The major innovation of the book is that these often quite complex concepts of regenerative agriculture are explained (with a little context from the author) through the voices and experiences of the people that she meets. This makes the book accessible, fast flowing, and enjoyable to ready and I think it is a technique that other agricultural books could benefit from. The author is also commended for sticking to the use of a plain and unpretentious language and writing style throughout.
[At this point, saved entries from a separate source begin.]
//! Tokens and words of texts, worked out by hand.

ghost use Rattle.std.specs.Prelude.{◌<◌, ◌^◌, length};

use crate::equals::{all_equal, equal};
use script_words::class::{Number, Spelled, Symbol};
use script_words::words::{Word, read_words};
use std::alloc::{AllocError, Global};
use std::process::Abort;
use std::test::Fail;

/// The texts of the tokens, each with a line feed behind it, and the first byte that begins none.
fn lexed(alloc: Global, text: &[u8]) -> Result<(Vec<u8>, Option<u32>), AllocError>
    requires { length text.now < 2 ^ 32 }
{
    let read = read_words(alloc, text)?;
    let mut joined = Vec::new(alloc);
    let tokens = read.list().tokens(alloc)?;
    for token in &tokens {
        let spelled = text.get(token.start as usize..token.end as usize);
        joined.extend_from_slice(spelled.unwrap_or(&[]))?;
        joined.push(b'\n')?;
    }
    Ok((joined, read.bad))
}

fn tokens_are(
    rt: &impl Abort,
    alloc: Global,
    text: &[u8],
    tokens: &[u8],
    bad: Option<u32>,
) -> Result<(), Fail> {
    assert!(rt; text.len() < 1000);
    let (joined, at) = lexed(alloc, text)?;
    all_equal(rt, text, joined.as_slice(), tokens);
    equal(rt, text, at, bad);
    Ok(())
}

#[test]
fn tokens_of_texts(rt: HostRuntime) -> Result<(), Fail> {
    const ROWS: &[(&[u8], &[u8], Option<u32>)] = &[
        (b"", b"", None),
        (b" \t\r\n", b"", None),
        (b"# no line feed", b"", None),
        (b"x # a b\n y", b"x\ny\n", None),
        (b"x#y", b"x\n", None),
        (b"#a\n#b\nz", b"z\n", None),
        (b"1.", b"1\n", Some(1)),
        (b"1.5", b"1.5\n", None),
        (b"1.5.2", b"1.5\n", Some(3)),
        (b".5", b"", Some(0)),
        (b"1e+", b"", Some(0)),
        (b"1e5", b"1e5\n", None),
        (b"1e-05+", b"1e-05\n+\n", None),
        (b"1E5", b"", Some(0)),
        (b"2.5e1 2.5e", b"2.5e1\n", Some(6)),
        (b"0x", b"", Some(0)),
        (b"0xg", b"", Some(0)),
        (b"0x1.8p1", b"0x1.8p1\n", None),
        (b"0xAf.p1", b"0xAf\n", Some(4)),
        (b"0x1p-", b"", Some(0)),
        (b"0X1", b"", Some(0)),
        (b"12x", b"", Some(0)),
        (b"1b-", b"", Some(0)),
        (b"1b-53", b"1b-53\n", None),
        (b"1b3.5", b"1b3\n", Some(3)),
        (b"1.5b3", b"", Some(0)),
        (b"10b0x", b"", Some(0)),
        (b"1_0", b"", Some(0)),
        (b"_1 a_b X9", b"_1\na_b\nX9\n", None),
        (b"1-2", b"1\n-\n2\n", None),
        (b"a<-b", b"a\n<\n-\nb\n", None),
        (b"a-/b - /c", b"a\n-/\nb\n-\n/\nc\n", None),
        (
            b"a->b <> c >= d <= e",
            b"a\n->\nb\n<>\nc\n>=\nd\n<=\ne\n",
            None,
        ),
        (b"/\\ \\/ /", b"/\\\n\\/\n/\n", None),
        (b"\\", b"", Some(0)),
        (b"a \\ b", b"a\n", Some(2)),
        (
            b"{}()[],;=+-*/|><?$~@",
            b"{\n}\n(\n)\n[\n]\n,\n;\n=\n+\n-\n*\n/\n|\n>\n<\n?\n$\n~\n@\n",
            None,
        ),
        (b"---/", b"-\n-\n-/\n", None),
        (b"a\x00b", b"a\n", Some(1)),
        (b"a\xc3\xa9", b"a\n", Some(1)),
        (b"7\xff", b"7\n", Some(1)),
        (b"!", b"", Some(0)),
    ];
    for (text, tokens, bad) in ROWS {
        tokens_are(&rt, rt.alloc(), *text, *tokens, *bad)?;
    }
    Ok(())
}

/// A letter for each word: its class, with capitals for names of operators.
fn letter(word: Word<'_>) -> u8 {
    match word {
        Word::Name(Spelled::Plain, _) => b'n',
        Word::Name(Spelled::Direction, _) => b'd',
        Word::Name(Spelled::Fix, _) => b'f',
        Word::Rounding(Spelled::Plain, _) => b'N',
        Word::Rounding(Spelled::Direction, _) => b'D',
        Word::Rounding(Spelled::Fix, _) => b'F',
        Word::Literal(Number::Zero, _) => b'0',
        Word::Literal(Number::Digits, _) => b'1',
        Word::Literal(Number::Other, _) => b'.',
        Word::Sign(Symbol::In) => b'i',
        Word::Sign(Symbol::Semicolon) => b';',
        Word::Sign(Symbol::At) => b'@',
        Word::Sign(Symbol::Equal) => b'=',
        Word::Sign(_) => b's',
    }
}

fn letters(alloc: Global, text: &[u8]) -> Result<Vec<u8>, AllocError>
    requires { length text.now < 2 ^ 32 }
{
    let read = read_words(alloc, text)?;
    let mut found = Vec::new(alloc);
    let words = read.list();
    for number in 0..words.len() {
        found.push(letter(words.at(number)))?;
    }
    Ok(found)
}

fn letters_are(rt: &impl Abort, alloc: Global, text: &[u8], wanted: &[u8]) -> Result<(), Fail> {
    assert!(rt; text.len() < 1000);
    let found = letters(alloc, text)?;
    all_equal(rt, text, found.as_slice(), wanted);
    Ok(())
}

#[test]
fn words_of_texts(rt: HostRuntime) -> Result<(), Fail> {
    const ROWS: &[(&[u8], &[u8])] = &[
        (
            b"x FIX FIXx dn dna zr aw up od ne no nz na nd nu",
            b"nfndndddddddddd",
        ),
        (b"0 00 12 0.0 0x1 1b2 1e3", b"011...."),
        (b"in not fixed int fma float sqrt inn", b"issssssn"),
        (b"@q = int<dn>; q(x)", b"@n=ssds;Nsns"),
        // an operator only behind its `;`, and a value never
        (b"@q = q q; q Q", b"@n=nn;Nn"),
        (b"q = 1; q", b"n=1;n"),
        (b"@q + 1; q", b"@ns1;n"),
        (b"@q; q", b"@n;n"),
        (b"@ @ q = 1 ; q", b"@@n=1;N"),
        (b"@q = 1 @ r = 2; q r", b"@n=1@n=1;Nn"),
        (b"@in = int<up>; in", b"@i=ssds;i"),
        (b"@q = 1; @r = 2; q r q", b"@n=1;@n=1;NNN"),
        (b"@q = 1; @q = 2; q", b"@n=1;@N=1;N"),
        (b"@dn = 1; @FIX = 2; dn FIX up", b"@d=1;@f=1;DFd"),
    ];
    for (text, wanted) in ROWS {
        letters_are(&rt, rt.alloc(), *text, *wanted)?;
    }
    Ok(())
}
The overwhelming central theme of the book is the use of regenerative agriculture to prevent soil loss in arid, windswept agricultural regions and this may limit the relevance of the book to those in other climatic areas. On the other hand, increased aridity and soil loss to wind is a rising concern right across the world, so where better to learn about how to deal with this issue than where it is the number one issue for farmers? Given the reasonably large amount of discission of agricultural technique, I thought the book could have benefitted from a technical index for readers who want to access the book by topic.
This is a beginner-level book on regenerative agriculture that I can imagine a college tutor giving his/her students to read as a primer on the topic. The general public will find it an accessible page-turner with lots of interesting anecdotes and historical and social context to the agricultural concepts discussed. Farmers wanting to dip into regenerative agriculture for the first time will find this book useful; especially those farmers who are keen to combine learning with a good read. I highly recommend Regenerative Agriculture: Farming with Benefits by Marianne Landzettel.